Work task
Output, without alteration, the first line of the entries and each line after it, stopping with the line that contains "rotate a set".

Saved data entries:
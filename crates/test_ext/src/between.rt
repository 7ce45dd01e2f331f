//! Tests of calls that combine a set with a set of another shape, that fill, shift or rotate a set
//! in place, or that rank its unset bits. The expected values are worked out by hand, or, for
//! random sets, by plain loops over 24 flags.

ghost use Rattle.std.specs.Prelude.{IsTrue};
ghost use Rattle.bittle.specs.Values.{ShapeFits};

use crate::calls::{ALONE, COMMON, UNION, UNLIKE};
use crate::checks::{Compared, same};
use crate::random::{combined, draw, draw_row, flags_of};
use bittle::{Bits, BitsMut, BitsOwned, LittleEndian, Set};
use bittle_ext::prelude::*;
use std::process::Abort;

// Changes a set by one of four operations with another set. Returns what the call returns: whether
// the set changed.
fn change<A: BitsMut, B: Bits>(kind: u32, set: &mut A, other: &B) -> bool
    requires fits { ShapeFits A.Shape set.old }
    requires other_fits { ShapeFits B.Shape other.now }
{
    match kind {
        UNION => set.union_with(other),
        COMMON => set.intersect_with(other),
        ALONE => set.difference_with(other),
        _ => set.symmetric_difference_with(other),
    }
}

// Returns the set after an operation, and whether the call reports a change.
fn changed<A: BitsMut, B: Bits>(kind: u32, set: A, other: &B) -> (A, bool)
    requires fits { ShapeFits A.Shape set }
    requires other_fits { ShapeFits B.Shape other.now }
{
    let mut now = set;
    let told = change(kind, &mut now, other);
    (now, told)
}

// Checks the set after an operation, and whether the call reports a change.
fn changes<A: BitsMut + Compared, B: Bits>(
    rt: &impl Abort,
    kind: u32,
    set: A,
    other: &B,
    expected: (A, bool),
)
    requires fits { ShapeFits A.Shape set }
    requires other_fits { ShapeFits B.Shape other.now }
{
    same!(*rt; changed(kind, set, other), expected);
}

// Checks the union, intersection, difference and symmetric difference of a set with another set,
// each with whether the call reports a change.
fn changes_each_way<A: BitsMut + Copy + Compared, B: Bits>(
    rt: &impl Abort,
    set: A,
    other: &B,
    expected: [(A, bool); 4],
)
    requires fits { ShapeFits A.Shape set }
    requires other_fits { ShapeFits B.Shape other.now }
{
    for kind in 0..4u32 {
        changes(rt, kind, set, other, expected[kind as usize]);
    }
}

Task output
filename crates/test_ext/src/between.rt
repository 7ce45dd01e2f331f
//! Tests of calls that combine a set with a set of another shape, that fill, shift or rotate a set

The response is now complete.